[Collected data entries]
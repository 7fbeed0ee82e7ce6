//! What the areas of small disks tell, with values worked out by hand.

use super::expected::{assert_length, write};
use super::samples::{area, behind, changed, cut, snapshot};
use rr_disk::{Area, Disk, FailingDisk, MemDisk};
use rr_frame::Version;
use rr_journal::{AreaReport, inspect, inspect_bytes};
use rr_types::{NodeId, Nodes, Refusal};
use std::alloc::Global;
use std::process::Abort;

/// Area 1 with a snapshot of epoch 2 and two facts, by which instance 0 is in round 1.
const OPEN_INSTANCE: [u8; 77] = [
    0xA5, 0, 0, 0, 0x47, 2, 0, 1, 0, 0, 0, 0, 0, 0, 0, 2, 0, 0, 0, 0, 0, 0, 0, 2, 0, 0, 0, 1, 0, 0,
    0, 0, 2, 0, 0, 0, 1, 0, 0, 0, 0, 0, 0, 0, 7, 0, 0, 0, 0, 0, 0, 0, 1, 1, 1, 0x61, 1, 0x78, 1, 0,
    0, 0, 7, 0, 0, 0, 0, 0, 0, 0, 1, 1, 1, 0x61, 1, 0x78, 0,
];

/// What an area of this epoch tells of node `node` of `nodes`.
fn told(
    rt: &impl Abort,
    epoch: u64,
    node: u8,
    nodes: u8,
    next: u64,
    decided: u64,
) -> Option<AreaReport> {
    let nodes = Nodes::new(nodes).expect(rt, "nodes");
    let node = NodeId::new(nodes, node).expect(rt, "a node");
    Some(AreaReport {
        version: Version::Two,
        epoch,
        node,
        nodes,
        next,
        decided,
    })
}

/// Area 0 behind a second switch: a snapshot of epoch 3 and four facts, over the bytes of `AREA`.
fn second_snapshot(rt: &impl Abort, alloc: Global) -> Vec<u8> {
    let third = changed(rt, alloc, snapshot(), 15, 3);
    [third.as_slice(), behind(area(), third.len())]
        .concat(alloc)
        .expect(rt, "memory")
}

/// Asserts that an inspection says that this area is broken at this offset.
fn assert_broken(rt: &impl Abort, alloc: Global, areas: (&[u8], &[u8]), (area, offset): (u8, u64)) {
    let (first, second) = areas;
    let told = inspect_bytes(alloc, first, second);
    assert_eq!(rt; told, Err(Refusal::Damaged { area, offset }));
}

/// Asserts the same of area 0 of a run with one byte changed, beside these bytes.
fn assert_bent(rt: &impl Abort, alloc: Global, bend: (usize, u8), second: &[u8], offset: u64) {
    let (place, byte) = bend;
    let first = changed(rt, alloc, area(), place, byte);
    assert_broken(rt, alloc, (&first, second), (0, offset));
}

/// Asserts what an inspection tells of these bytes.
fn assert_told(
    rt: &impl Abort,
    alloc: Global,
    first: &[u8],
    second: &[u8],
    wanted: (Option<AreaReport>, Option<AreaReport>),
) {
    let told = inspect_bytes(alloc, first, second).expect(rt, "memory");
    assert_eq!(rt; told, wanted);
}

/// What area 0 of a node alone tells behind four facts, by which it has decided a command.
fn four(rt: &impl Abort) -> Option<AreaReport> {
    told(rt, 1, 0, 1, 4, 1)
}

/// What its front tells, without the facts.
fn none(rt: &impl Abort) -> Option<AreaReport> {
    told(rt, 1, 0, 1, 0, 0)
}

/// What the snapshot behind these facts tells.
fn of_snapshot(rt: &impl Abort) -> Option<AreaReport> {
    told(rt, 2, 0, 1, 4, 1)
}

#[test]
fn tells_of_both_areas(rt: HostRuntime) {
    let alloc = rt.alloc();
    assert_told(&rt, alloc, &[], &[], (None, None));
    assert_told(&rt, alloc, &[0xA5], &[0, 0xA5], (None, None));
    assert_told(&rt, alloc, area(), &[], (four(&rt), None));
    assert_told(&rt, alloc, &[0, 7], area(), (None, four(&rt)));
    assert_told(
        &rt,
        alloc,
        area(),
        snapshot(),
        (none(&rt), of_snapshot(&rt)),
    );
    assert_told(
        &rt,
        alloc,
        snapshot(),
        area(),
        (of_snapshot(&rt), none(&rt)),
    );
    let third = told(&rt, 3, 0, 1, 4, 1);
    assert_told(
        &rt,
        alloc,
        &second_snapshot(&rt, alloc),
        snapshot(),
        (third, of_snapshot(&rt)),
    );
    let open = told(&rt, 2, 0, 1, 2, 0);
    assert_told(&rt, alloc, area(), &OPEN_INSTANCE, (none(&rt), open));
}

/// The same of an area of version 1.
fn in_version_1(told: Option<AreaReport>) -> Option<AreaReport> {
    match told {
        Some(mut told) => {
            told.version = Version::One;
            Some(told)
        }
        None => None,
    }
}

#[test]
fn reads_version_1_within_its_limits(rt: HostRuntime) {
    let alloc = rt.alloc();
    let old = changed(&rt, rt.alloc(), area(), 5, 1);
    let told = in_version_1(four(&rt));
    assert_told(&rt, alloc, &old, &[], (told, None));
    let told = in_version_1(none(&rt));
    assert_told(&rt, alloc, &old, snapshot(), (told, of_snapshot(&rt)));
    assert_bent(&rt, alloc, (5, 3), &[], 0);
    // The first fact enters instance 65,536, which version 2 has, and the second proposes in instance 0.
    assert_bent(&rt, alloc, (45, 1), &[], 73);
    assert_broken(
        &rt,
        alloc,
        (&changed(&rt, alloc, &old, 45, 1), &[]),
        (0, 28),
    );
}

#[test]
fn measures_each_area_by_itself(rt: HostRuntime) {
    let alloc = rt.alloc();
    let other = changed(&rt, alloc, area(), 7, 3);
    let other = changed(&rt, alloc, &other, 6, 1);
    let fact = told(&rt, 1, 1, 3, 0, 0);
    assert_told(&rt, alloc, &other, snapshot(), (fact, of_snapshot(&rt)));
    let cut = changed(&rt, alloc, &other, 73, 0);
    let alone = told(&rt, 1, 1, 3, 1, 0);
    assert_told(&rt, alloc, &cut, &[], (alone, None));
}

#[test]
fn says_where_a_cut_area_is_broken(rt: HostRuntime) {
    let alloc = rt.alloc();
    assert_broken(&rt, alloc, (cut(area(), 155), &[]), (0, 114));
    for length in 156..193 {
        assert_broken(&rt, alloc, (cut(area(), length), &[]), (0, 155));
        assert_broken(&rt, alloc, (&[], cut(area(), length)), (1, 155));
    }
    assert_broken(&rt, alloc, (area(), cut(snapshot(), 50)), (1, 0));
    // Two areas of one epoch.
    assert_broken(&rt, alloc, (area(), area()), (1, 0));
}

#[test]
fn says_where_a_bent_area_is_broken(rt: HostRuntime) {
    let alloc = rt.alloc();
    for bend in [(159, 33), (167, 4), (170, 5)] {
        assert_bent(&rt, alloc, bend, &[], 155);
    }
    assert_bent(&rt, alloc, (6, 2), &[], 0);
    assert_bent(&rt, alloc, (6, 2), snapshot(), 0);
}

/// Asserts what an inspection tells of area 0 of a run with one byte changed, alone.
fn assert_bent_told(rt: &impl Abort, alloc: Global, bend: (usize, u8), wanted: Option<AreaReport>) {
    let (place, byte) = bend;
    let first = changed(rt, alloc, area(), place, byte);
    assert_told(rt, alloc, &first, &[], (wanted, None));
}

#[test]
fn reads_up_to_a_closed_gate(rt: HostRuntime) {
    let alloc = rt.alloc();
    assert_bent_told(&rt, alloc, (155, 0), told(&rt, 1, 0, 1, 3, 0));
    assert_bent_told(&rt, alloc, (28, 0xA4), none(&rt));
    assert_bent_told(&rt, alloc, (0, 0), None);
}

#[test]
fn passes_over_later_frames_of_the_other_area(rt: HostRuntime) {
    let alloc = rt.alloc();
    for length in 29..193 {
        let wanted = (none(&rt), of_snapshot(&rt));
        assert_told(&rt, alloc, cut(area(), length), snapshot(), wanted);
    }
    assert_broken(&rt, alloc, (cut(area(), 28), snapshot()), (0, 0));
}

/// Asserts what an inspection tells of a disk.
fn assert_disk_told<D: Disk>(rt: &impl Abort, alloc: Global, disk: &mut D) {
    let seen = (told(rt, 1, 0, 1, 0, 0), told(rt, 2, 0, 1, 4, 1));
    assert_eq!(rt; inspect(alloc, disk).expect(rt, "memory"), seen);
}

#[test]
fn only_reads_a_disk(rt: HostRuntime) {
    let alloc = rt.alloc();
    let mut disk = FailingDisk::new(MemDisk::new(alloc));
    write(&rt, &mut disk, Area::First, 0, area());
    write(&rt, &mut disk, Area::Second, 0, snapshot());
    assert_disk_told(&rt, alloc, &mut disk);
    assert_length(&rt, &disk, Area::First, 193);
    assert_length(&rt, &disk, Area::Second, 51);
    disk.fail_next(Vec::new(alloc));
    assert!(rt; inspect(alloc, &mut disk) == Err(Refusal::Device));
    assert_disk_told(&rt, alloc, &mut disk);
}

WHAT YOU NEED TO DO:
What lines above contain the word "write"? Please copy each one.

RESPONSE TO THIS EXERCISE:
use super::expected::{assert_length, write};
    write(&rt, &mut disk, Area::First, 0, area());
    write(&rt, &mut disk, Area::Second, 0, snapshot());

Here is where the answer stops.